§ **Exercise objective**: The answer must consist only of the lines from the line with "repository f3b5c2c3a8f1e63f" to the line with "#[derive(Clone, Copy, Default)]", both included, exactly as they stand below.

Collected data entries

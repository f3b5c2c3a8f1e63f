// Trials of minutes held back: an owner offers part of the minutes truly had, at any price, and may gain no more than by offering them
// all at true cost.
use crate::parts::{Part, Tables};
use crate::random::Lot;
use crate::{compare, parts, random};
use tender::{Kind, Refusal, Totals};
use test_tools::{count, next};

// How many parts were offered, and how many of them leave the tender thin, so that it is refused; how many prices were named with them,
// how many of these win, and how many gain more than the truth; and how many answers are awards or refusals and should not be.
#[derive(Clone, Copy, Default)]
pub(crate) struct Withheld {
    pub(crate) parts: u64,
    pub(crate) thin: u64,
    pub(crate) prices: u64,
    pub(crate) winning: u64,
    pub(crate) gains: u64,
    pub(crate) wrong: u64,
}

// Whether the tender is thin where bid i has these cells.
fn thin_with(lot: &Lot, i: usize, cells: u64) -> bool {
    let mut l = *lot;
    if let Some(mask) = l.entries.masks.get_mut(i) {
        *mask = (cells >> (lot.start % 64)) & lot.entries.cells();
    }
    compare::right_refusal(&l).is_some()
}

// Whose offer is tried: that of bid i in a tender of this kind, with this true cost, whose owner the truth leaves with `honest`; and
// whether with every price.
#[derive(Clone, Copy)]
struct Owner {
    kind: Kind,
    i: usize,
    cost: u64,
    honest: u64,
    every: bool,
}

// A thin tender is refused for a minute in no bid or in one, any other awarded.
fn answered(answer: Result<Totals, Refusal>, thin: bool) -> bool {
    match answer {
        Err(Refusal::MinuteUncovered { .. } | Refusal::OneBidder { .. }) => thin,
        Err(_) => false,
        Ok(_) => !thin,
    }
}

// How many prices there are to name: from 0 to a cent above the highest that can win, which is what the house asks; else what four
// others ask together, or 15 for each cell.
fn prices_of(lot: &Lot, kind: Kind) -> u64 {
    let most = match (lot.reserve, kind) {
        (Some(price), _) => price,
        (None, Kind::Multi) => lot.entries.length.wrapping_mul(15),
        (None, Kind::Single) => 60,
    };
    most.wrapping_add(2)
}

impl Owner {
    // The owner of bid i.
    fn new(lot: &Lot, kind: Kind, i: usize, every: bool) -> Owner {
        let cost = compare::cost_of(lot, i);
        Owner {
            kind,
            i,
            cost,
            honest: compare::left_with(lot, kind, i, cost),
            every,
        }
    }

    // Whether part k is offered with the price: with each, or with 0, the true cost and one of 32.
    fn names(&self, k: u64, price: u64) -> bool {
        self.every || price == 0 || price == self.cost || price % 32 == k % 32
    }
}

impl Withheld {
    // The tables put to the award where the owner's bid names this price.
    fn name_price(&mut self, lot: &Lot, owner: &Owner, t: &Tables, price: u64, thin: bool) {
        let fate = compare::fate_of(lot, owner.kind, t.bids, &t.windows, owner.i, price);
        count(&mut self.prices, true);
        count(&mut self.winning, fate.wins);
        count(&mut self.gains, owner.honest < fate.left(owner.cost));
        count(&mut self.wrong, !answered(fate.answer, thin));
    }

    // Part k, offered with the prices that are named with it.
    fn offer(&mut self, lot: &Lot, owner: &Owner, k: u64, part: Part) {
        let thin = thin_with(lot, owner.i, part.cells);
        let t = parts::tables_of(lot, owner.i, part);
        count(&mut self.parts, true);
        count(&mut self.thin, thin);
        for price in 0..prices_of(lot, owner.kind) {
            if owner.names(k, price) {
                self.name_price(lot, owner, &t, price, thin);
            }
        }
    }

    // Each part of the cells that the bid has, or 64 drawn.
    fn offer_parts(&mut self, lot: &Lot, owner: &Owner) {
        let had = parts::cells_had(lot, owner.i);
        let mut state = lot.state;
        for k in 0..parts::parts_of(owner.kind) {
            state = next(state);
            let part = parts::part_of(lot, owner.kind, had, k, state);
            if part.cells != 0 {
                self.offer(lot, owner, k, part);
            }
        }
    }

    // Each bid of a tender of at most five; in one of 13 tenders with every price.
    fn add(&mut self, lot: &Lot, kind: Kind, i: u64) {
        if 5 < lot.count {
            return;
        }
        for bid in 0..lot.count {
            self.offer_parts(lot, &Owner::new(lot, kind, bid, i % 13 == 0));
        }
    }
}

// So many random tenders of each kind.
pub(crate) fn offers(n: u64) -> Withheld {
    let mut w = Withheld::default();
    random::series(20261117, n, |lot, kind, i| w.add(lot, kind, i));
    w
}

---

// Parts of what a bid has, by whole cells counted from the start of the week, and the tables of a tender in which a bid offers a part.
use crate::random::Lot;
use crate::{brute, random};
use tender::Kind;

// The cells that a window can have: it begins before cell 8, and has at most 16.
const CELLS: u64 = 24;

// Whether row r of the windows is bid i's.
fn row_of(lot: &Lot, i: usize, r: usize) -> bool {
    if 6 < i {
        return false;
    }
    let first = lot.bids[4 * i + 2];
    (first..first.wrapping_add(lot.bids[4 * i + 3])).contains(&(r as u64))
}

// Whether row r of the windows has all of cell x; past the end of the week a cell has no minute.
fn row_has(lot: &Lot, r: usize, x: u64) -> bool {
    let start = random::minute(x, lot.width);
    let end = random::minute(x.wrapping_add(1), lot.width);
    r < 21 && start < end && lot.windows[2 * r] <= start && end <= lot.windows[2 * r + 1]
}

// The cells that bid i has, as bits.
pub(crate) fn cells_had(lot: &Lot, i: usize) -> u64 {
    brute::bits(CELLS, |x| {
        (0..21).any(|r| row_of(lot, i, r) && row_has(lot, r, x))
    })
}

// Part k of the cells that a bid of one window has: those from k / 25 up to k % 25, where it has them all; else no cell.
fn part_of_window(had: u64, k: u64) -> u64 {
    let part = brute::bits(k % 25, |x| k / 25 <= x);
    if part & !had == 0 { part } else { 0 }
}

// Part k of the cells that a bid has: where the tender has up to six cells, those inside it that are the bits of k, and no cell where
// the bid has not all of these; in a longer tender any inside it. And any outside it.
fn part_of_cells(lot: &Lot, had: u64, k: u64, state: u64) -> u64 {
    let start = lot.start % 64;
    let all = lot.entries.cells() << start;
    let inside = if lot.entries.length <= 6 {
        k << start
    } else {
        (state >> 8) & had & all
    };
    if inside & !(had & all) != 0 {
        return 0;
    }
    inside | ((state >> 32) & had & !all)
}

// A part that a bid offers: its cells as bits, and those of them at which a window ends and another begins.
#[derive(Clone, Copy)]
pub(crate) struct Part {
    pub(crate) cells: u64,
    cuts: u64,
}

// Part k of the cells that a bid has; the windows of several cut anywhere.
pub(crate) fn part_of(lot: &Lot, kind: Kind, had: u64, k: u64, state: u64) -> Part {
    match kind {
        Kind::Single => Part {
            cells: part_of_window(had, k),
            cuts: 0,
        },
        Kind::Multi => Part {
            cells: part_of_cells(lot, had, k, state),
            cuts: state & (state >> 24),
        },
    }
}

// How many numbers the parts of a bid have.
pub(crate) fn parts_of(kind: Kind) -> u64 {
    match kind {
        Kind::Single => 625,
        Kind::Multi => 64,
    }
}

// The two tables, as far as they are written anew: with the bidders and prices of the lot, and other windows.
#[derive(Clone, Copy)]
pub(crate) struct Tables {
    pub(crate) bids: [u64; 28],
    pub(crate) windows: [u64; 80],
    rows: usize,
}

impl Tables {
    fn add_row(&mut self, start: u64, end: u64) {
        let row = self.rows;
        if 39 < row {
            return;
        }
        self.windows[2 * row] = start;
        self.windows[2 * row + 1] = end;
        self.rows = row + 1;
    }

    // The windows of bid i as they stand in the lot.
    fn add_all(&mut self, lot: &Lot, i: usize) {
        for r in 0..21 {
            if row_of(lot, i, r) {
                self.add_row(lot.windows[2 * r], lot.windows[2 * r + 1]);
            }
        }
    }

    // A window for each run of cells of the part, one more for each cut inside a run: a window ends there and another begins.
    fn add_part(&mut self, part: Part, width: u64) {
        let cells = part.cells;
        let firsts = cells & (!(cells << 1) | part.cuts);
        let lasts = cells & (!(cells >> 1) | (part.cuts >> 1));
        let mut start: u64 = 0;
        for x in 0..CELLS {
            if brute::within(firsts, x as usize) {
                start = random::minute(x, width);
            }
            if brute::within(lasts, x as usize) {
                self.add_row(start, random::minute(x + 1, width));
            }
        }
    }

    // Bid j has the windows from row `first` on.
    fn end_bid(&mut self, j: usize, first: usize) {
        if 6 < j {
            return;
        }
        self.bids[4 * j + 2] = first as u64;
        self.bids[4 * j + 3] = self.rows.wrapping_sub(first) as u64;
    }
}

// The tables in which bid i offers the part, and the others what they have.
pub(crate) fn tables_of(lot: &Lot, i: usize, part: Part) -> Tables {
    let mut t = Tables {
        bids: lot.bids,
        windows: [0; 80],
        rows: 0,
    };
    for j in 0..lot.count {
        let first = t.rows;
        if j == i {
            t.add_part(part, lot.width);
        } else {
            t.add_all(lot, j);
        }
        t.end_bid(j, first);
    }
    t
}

§ **The completed task**:
repository f3b5c2c3a8f1e63f
// Trials of minutes held back: an owner offers part of the minutes truly had, at any price, and may gain no more than by offering them
// all at true cost.
use crate::parts::{Part, Tables};
use crate::random::Lot;
use crate::{compare, parts, random};
use tender::{Kind, Refusal, Totals};
use test_tools::{count, next};

// How many parts were offered, and how many of them leave the tender thin, so that it is refused; how many prices were named with them,
// how many of these win, and how many gain more than the truth; and how many answers are awards or refusals and should not be.
#[derive(Clone, Copy, Default)]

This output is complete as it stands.